Using regex expressions, we can however get the containers once we know they are `div` with attribute `onmouseover`. 

To accept any contents, we can use `r".*"` in our regex, which allows for any values. 

### Q4: Use a regular expression to get all the `div` tags that contain a correct answer. Save this list as `answers_within`. 

***

The questions are stored in the  contents of `onmouseout` where as the answers are stored in `onmouseover`. Recall from HW2 that we can get the contents of an attribute using `.get(attr)`. 

### Q5: Using a loop, print the questions stored in the `onmouseout` attribute. 

You will need to format these correctly in a systematic way that removes the toggle and clue portions.

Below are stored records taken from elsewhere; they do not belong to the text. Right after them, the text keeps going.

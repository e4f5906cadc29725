//! The sink of the journal over a log: what is in the log after its batches, and why it stops.
ghost use Rattle.std.specs.Prelude.{◌≤◌};
ghost use Rattle.gu_etcd.specs.declared.node.TheConstants.{LAST_NUMBER};

use crate::etcd::{Etcd, Way, gateway_of, name_of};
use crate::memory::node_of;
use gu_etcd::{Appender, Fate, Gateway, LAST_NUMBER, LogSink, MemoryNode, Name, NodeError};
use gu_journal::{MAX_BATCH, Sink, SinkError, is_batch};
use std::alloc::{AllocError, Global};
use std::test::Fail;

/// The batches of a day.
const BATCHES: &[&str] = &[
    "DAY 20260105\n",
    "LIMIT G1 EXEC E1 100\n# 12\n",
    "# CLOSED\n",
];

/// The entries with which desk A-2 puts them.
const ENTRIES: &[&str] = &[
    "# desk A-2\nDAY 20260105\n",
    "# desk A-2\nLIMIT G1 EXEC E1 100\n# 12\n",
    "# desk A-2\n# CLOSED\n",
];

/// What became of the batches.
#[derive(Clone, Copy, Debug, PartialEq, Eq)]
struct Outcome {
    /// How many were kept.
    kept: usize,
    /// Why the sink stopped, if it did.
    error: Option<SinkError>,
    /// How many of the entries the log has then, if it has nothing else.
    found: Option<usize>,
}

/// Returns how many of the entries the log of an etcd has, if it has nothing else.
fn found_in(node: &MemoryNode) -> Option<usize> {
    let log = node.log();
    let is_begun = log.len() <= ENTRIES.len()
        && log
            .iter()
            .zip(ENTRIES.iter())
            .all(|(entry, text)| entry.as_slice() == text.as_bytes());
    if is_begun { Some(log.len()) } else { None }
}

/// Appends the batches to a sink, until it stops.
fn append_all(sink: LogSink<MemoryNode>) -> Outcome {
    let mut sink = sink;
    for (kept, batch) in BATCHES.iter().enumerate() {
        if !is_batch(batch.as_bytes()) {
            break;
        }
        sink = match sink.append(batch.as_bytes()) {
            Ok(sink) => sink,
            Err(stopped) => {
                return Outcome {
                    kept,
                    error: Some(stopped.error()),
                    found: found_in(stopped.place().node()),
                };
            }
        };
    }
    Outcome {
        kept: sink.count() as usize,
        error: None,
        found: found_in(sink.node()),
    }
}

/// Has desk A-2 append the batches over an etcd in memory, whose calls have these fates, the last one first.
fn day_of(alloc: Global, leads: bool, fates: &[Fate]) -> Result<Option<Outcome>, AllocError> {
    let node = node_of(alloc, leads, fates)?;
    let bytes = Vec::from_slice(alloc, b"A-2")?;
    match Name::new(bytes) {
        Some(desk) => Ok(Some(append_all(LogSink::new(alloc, Appender::new(node, 0), desk)))),
        None => Ok(None),
    }
}

/// What comes upon the calls, whether the desk leads, their fates, the last one first, and what becomes of the batches: how many are kept,
/// why the sink stops, and how many entries the log has.
type Row = (
    &'static str,
    bool,
    &'static [Fate],
    usize,
    Option<SinkError>,
    usize,
);

const ROWS: &[Row] = &[
    ("nothing", true, &[], 3, None, 3),
    ("a lost question", true, &[Fate::RequestLost], 3, None, 3),
    (
        "lost answers, at the second batch and the third",
        true,
        &[
            Fate::AnswerLost,
            Fate::Answered,
            Fate::AnswerLost,
            Fate::Answered,
        ],
        3,
        None,
        3,
    ),
    (
        "no question heard",
        true,
        &[Fate::RequestLost; 16],
        0,
        Some(SinkError::Failed),
        0,
    ),
    (
        "no answer heard",
        true,
        &[Fate::AnswerLost; 16],
        0,
        Some(SinkError::Failed),
        1,
    ),
    (
        "another desk leads",
        false,
        &[],
        0,
        Some(SinkError::Fenced),
        0,
    ),
];

#[test]
fn a_batch_is_an_entry_or_the_sink_stops(rt: HostRuntime) -> Result<(), Fail> {
    for (what, leads, fates, kept, error, found) in ROWS {
        let outcome = day_of(rt.alloc(), *leads, fates)?;
        let said = Outcome {
            kept: *kept,
            error: *error,
            found: Some(*found),
        };
        assert_eq!(rt; outcome, Some(said), "{what}");
    }
    Ok(())
}

#[test]
fn a_sink_that_gets_no_memory_leaves_the_log_as_it_was(rt: HostRuntime) {
    if let Ok(Some(outcome)) = day_of(rt.alloc(), true, &[]) {
        assert!(rt;
            matches!(outcome.error, None | Some(SinkError::Memory)),
            "{outcome:?}"
        );
        assert_eq!(rt; outcome.found, Some(outcome.kept), "{outcome:?}");
    }
}

/// Returns the sink of a desk that knows a number of entries, over the log DAY.
fn sink_of<'a>(
    alloc: Global,
    etcd: &'a mut Etcd,
    desk: &str,
    count: u64,
) -> Result<LogSink<Gateway<Way<'a>>>, NodeError>
    requires { count ≤ LAST_NUMBER }
{
    let gateway = gateway_of(alloc, etcd, &[], desk)?;
    let name = name_of(alloc, desk)?;
    Ok(LogSink::new(alloc, Appender::new(gateway, count), name))
}

/// Has a desk that knows a number of entries append a batch to the log DAY, and returns how many it knows then.
fn append(
    alloc: Global,
    etcd: &mut Etcd,
    desk: &str,
    count: u64,
    batch: &[u8],
) -> Result<u64, SinkError> {
    if count > LAST_NUMBER || !is_batch(batch) {
        return Err(SinkError::Failed);
    }
    let Ok(sink) = sink_of(alloc, etcd, desk, count) else {
        return Err(SinkError::Memory);
    };
    match sink.append(batch) {
        Ok(sink) => Ok(sink.count()),
        Err(stopped) => Err(stopped.error()),
    }
}

#[test]
fn a_number_that_another_desk_took_fences_the_sink(rt: HostRuntime) -> Result<(), Fail> {
    let mut etcd = Etcd::new(rt.alloc(), b"desk-B")?;
    let first = append(rt.alloc(), &mut etcd, "desk-B", 0, b"DAY 20260105\n");
    assert_eq!(rt; first, Ok(1));
    let second = append(rt.alloc(), &mut etcd, "desk-A", 0, b"DAY 20260105\n");
    assert_eq!(rt; second, Err(SinkError::Fenced));
    let later = append(rt.alloc(), &mut etcd, "desk-A", 1, b"DAY 20260105\n");
    assert_eq!(rt; later, Err(SinkError::Fenced));
    assert_eq!(rt; etcd.pairs.len(), 1);
    assert_eq!(rt;
        etcd.pairs[0].value.as_str(),
        "IyBkZXNrIGRlc2stQgpEQVkgMjAyNjAxMDUK"
    );
    Ok(())
}

#[test]
fn a_sink_with_no_number_left_is_full(rt: HostRuntime) -> Result<(), Fail> {
    let mut etcd = Etcd::new(rt.alloc(), b"desk-A")?;
    let last = append(rt.alloc(), &mut etcd, "desk-A", LAST_NUMBER - 1, b"\n");
    assert_eq!(rt; last, Ok(LAST_NUMBER));
    let none = append(rt.alloc(), &mut etcd, "desk-A", LAST_NUMBER, b"\n");
    assert_eq!(rt; none, Err(SinkError::Full));
    assert_eq!(rt; etcd.pairs.len(), 1);
    Ok(())
}

#[test]
fn the_largest_batch_is_one_entry(rt: HostRuntime) -> Result<(), Fail> {
    let mut etcd = Etcd::new(rt.alloc(), b"desk-A")?;
    let mut batch = vec![in rt.alloc(); b'x'; MAX_BATCH - 1]?;
    batch.push(b'\n')?;
    let kept = append(rt.alloc(), &mut etcd, "desk-A", 0, &batch);
    assert_eq!(rt; kept, Ok(1));
    assert_eq!(rt; etcd.pairs.len(), 1);
    Ok(())
}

Note that using the string method `.split` will not work on a comma, but there are other strings you can split on. 

***

### Q6: Using a loop, print the answers stored in the `onmouseover` attribute. 

Hint: This is similar to homework 2. 

***
***

## Section 3: Finding links out of webpages. 

When building web crawlers, we may want to move through a series of webpages to map a site and the way they link together. These networks require being able to find links. The easiest way to find a link is using the `href` attribute. 

To find any tag with an `href`, we can make use of two statements. The first a search all tags statement `.find_all(True)`. The second is using the argument `{href: re.compile(".*")` which tells python to find all tags that have any `href`. 

### Q1: Combine these statements in 1 line to get all references below. What is interesting about the hyperlinks?

Some hyper links do not begin with http

***

Now, we may want to get some information about these hyper links. You may notice that some have titles, others do not. Link tags typically have a `rel` attribute that offers us more information about it. 

If the tag name is `a`, these tags typically have text associated with them or a title. In this case, we would prioritize getting the title over the text. If we were amassing data, we may want to include both systematically. 

### Q2: Write a loop that prints the value of `rel` for link tags, or the `title` for a tags. If the title is not there, then print the text.